What appears from the first line of the records below through the line containing "proper and different." must be reproduced verbatim.

Saved entries:

----------------------------------------

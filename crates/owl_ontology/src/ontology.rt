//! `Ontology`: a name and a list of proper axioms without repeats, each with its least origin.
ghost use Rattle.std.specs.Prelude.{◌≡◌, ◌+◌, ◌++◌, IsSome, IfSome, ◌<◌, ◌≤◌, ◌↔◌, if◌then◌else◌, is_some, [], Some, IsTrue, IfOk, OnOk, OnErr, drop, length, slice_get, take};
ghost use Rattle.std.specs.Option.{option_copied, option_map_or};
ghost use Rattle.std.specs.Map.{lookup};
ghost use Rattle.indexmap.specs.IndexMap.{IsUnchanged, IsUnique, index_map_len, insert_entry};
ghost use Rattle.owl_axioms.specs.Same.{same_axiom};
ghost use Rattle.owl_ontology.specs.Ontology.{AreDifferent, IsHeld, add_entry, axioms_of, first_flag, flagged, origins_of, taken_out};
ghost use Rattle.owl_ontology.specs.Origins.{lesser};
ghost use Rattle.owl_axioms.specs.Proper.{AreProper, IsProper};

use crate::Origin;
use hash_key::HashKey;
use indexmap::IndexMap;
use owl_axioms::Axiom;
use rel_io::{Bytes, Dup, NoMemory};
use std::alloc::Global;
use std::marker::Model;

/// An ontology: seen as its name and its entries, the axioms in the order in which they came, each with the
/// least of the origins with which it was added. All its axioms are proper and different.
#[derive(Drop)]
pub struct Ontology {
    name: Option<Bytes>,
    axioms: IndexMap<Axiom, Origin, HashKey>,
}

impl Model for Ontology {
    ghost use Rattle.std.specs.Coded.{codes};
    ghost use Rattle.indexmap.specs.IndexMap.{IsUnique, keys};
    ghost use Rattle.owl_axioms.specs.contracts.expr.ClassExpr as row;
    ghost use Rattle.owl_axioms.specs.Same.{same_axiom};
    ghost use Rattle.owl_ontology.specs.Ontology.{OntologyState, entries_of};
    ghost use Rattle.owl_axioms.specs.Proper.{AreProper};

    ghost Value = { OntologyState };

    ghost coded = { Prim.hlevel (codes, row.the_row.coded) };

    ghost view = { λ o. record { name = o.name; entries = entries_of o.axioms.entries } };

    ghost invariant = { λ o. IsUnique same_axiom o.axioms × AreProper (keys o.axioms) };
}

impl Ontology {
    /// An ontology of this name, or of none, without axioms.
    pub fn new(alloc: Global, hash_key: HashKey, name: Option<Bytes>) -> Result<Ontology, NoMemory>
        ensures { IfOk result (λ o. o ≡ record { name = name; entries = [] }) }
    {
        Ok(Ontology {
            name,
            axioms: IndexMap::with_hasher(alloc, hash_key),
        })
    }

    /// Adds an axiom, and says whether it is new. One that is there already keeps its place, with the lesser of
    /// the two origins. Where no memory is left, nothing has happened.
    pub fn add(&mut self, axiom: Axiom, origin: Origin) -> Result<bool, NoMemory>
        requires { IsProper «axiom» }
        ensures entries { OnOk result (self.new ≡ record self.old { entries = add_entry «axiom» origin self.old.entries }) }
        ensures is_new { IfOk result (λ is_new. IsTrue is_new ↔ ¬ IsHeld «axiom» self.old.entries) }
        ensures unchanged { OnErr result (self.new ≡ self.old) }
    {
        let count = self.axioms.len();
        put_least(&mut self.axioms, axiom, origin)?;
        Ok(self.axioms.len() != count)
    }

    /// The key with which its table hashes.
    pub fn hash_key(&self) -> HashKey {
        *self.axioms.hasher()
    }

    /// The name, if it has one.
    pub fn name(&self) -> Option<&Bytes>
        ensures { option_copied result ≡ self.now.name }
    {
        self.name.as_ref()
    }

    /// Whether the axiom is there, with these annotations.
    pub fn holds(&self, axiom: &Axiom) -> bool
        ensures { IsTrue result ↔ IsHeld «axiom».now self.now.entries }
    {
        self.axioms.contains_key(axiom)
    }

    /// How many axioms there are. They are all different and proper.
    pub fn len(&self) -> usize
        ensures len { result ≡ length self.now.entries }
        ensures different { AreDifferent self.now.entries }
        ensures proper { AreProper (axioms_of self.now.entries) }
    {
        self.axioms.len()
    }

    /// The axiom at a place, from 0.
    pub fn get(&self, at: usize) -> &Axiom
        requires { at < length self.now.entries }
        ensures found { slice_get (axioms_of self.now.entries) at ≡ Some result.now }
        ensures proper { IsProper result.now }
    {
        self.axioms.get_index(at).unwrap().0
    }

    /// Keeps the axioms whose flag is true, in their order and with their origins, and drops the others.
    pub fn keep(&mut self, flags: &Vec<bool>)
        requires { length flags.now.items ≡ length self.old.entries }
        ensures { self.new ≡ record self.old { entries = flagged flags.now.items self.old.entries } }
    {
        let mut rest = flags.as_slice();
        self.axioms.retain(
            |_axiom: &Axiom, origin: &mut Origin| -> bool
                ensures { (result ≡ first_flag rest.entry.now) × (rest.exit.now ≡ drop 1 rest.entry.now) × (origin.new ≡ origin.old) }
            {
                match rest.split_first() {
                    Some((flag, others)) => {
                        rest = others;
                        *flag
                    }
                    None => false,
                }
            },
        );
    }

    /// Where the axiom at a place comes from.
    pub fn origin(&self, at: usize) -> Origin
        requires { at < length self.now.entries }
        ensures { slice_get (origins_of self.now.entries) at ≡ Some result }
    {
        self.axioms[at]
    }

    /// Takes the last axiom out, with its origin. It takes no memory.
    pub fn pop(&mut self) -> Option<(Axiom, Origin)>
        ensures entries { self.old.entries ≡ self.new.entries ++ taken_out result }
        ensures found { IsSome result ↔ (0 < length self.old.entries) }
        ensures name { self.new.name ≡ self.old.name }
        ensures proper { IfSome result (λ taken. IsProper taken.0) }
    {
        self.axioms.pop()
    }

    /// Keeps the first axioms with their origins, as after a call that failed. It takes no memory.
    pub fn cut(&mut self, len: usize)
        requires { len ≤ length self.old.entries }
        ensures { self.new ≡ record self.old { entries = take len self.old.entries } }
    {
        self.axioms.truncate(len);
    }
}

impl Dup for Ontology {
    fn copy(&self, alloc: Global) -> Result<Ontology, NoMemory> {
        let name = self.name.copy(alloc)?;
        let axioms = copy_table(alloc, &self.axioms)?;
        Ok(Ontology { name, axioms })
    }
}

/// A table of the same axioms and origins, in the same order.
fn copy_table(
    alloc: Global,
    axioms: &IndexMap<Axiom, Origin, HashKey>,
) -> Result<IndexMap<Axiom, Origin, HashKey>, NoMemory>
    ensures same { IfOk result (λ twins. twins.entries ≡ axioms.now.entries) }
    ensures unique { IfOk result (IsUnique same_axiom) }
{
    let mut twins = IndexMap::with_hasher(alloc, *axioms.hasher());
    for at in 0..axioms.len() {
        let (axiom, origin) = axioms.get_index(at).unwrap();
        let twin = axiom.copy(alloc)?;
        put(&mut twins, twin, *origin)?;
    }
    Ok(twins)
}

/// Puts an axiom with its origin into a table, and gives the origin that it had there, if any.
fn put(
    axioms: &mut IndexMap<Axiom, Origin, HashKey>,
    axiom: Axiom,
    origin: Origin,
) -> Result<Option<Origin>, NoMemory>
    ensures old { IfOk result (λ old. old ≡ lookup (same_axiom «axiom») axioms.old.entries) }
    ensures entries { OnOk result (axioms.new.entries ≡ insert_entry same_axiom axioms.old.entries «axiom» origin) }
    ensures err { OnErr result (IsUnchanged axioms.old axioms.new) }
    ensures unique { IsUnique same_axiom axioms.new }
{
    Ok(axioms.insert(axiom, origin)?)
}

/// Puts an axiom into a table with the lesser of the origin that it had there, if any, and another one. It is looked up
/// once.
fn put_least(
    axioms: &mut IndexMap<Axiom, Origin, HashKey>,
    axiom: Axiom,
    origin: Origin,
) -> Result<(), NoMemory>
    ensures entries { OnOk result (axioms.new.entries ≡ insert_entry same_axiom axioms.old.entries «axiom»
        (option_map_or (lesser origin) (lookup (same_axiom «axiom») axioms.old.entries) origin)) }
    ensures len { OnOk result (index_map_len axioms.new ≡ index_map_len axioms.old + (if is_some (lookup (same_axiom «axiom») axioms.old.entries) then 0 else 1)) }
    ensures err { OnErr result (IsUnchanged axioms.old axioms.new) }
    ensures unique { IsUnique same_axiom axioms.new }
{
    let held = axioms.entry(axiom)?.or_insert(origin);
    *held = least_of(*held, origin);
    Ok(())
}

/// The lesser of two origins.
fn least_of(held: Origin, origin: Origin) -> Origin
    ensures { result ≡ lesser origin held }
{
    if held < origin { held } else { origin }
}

----------------------------------------

→ **Finished task**:
filename crates/owl_ontology/src/ontology.rt
//! `Ontology`: a name and a list of proper axioms without repeats, each with its least origin.
ghost use Rattle.std.specs.Prelude.{◌≡◌, ◌+◌, ◌++◌, IsSome, IfSome, ◌<◌, ◌≤◌, ◌↔◌, if◌then◌else◌, is_some, [], Some, IsTrue, IfOk, OnOk, OnErr, drop, length, slice_get, take};
ghost use Rattle.std.specs.Option.{option_copied, option_map_or};
ghost use Rattle.std.specs.Map.{lookup};
ghost use Rattle.indexmap.specs.IndexMap.{IsUnchanged, IsUnique, index_map_len, insert_entry};
ghost use Rattle.owl_axioms.specs.Same.{same_axiom};
ghost use Rattle.owl_ontology.specs.Ontology.{AreDifferent, IsHeld, add_entry, axioms_of, first_flag, flagged, origins_of, taken_out};
ghost use Rattle.owl_ontology.specs.Origins.{lesser};
ghost use Rattle.owl_axioms.specs.Proper.{AreProper, IsProper};

use crate::Origin;
use hash_key::HashKey;
use indexmap::IndexMap;
use owl_axioms::Axiom;
use rel_io::{Bytes, Dup, NoMemory};
use std::alloc::Global;
use std::marker::Model;

/// An ontology: seen as its name and its entries, the axioms in the order in which they came, each with the
/// least of the origins with which it was added. All its axioms are proper and different.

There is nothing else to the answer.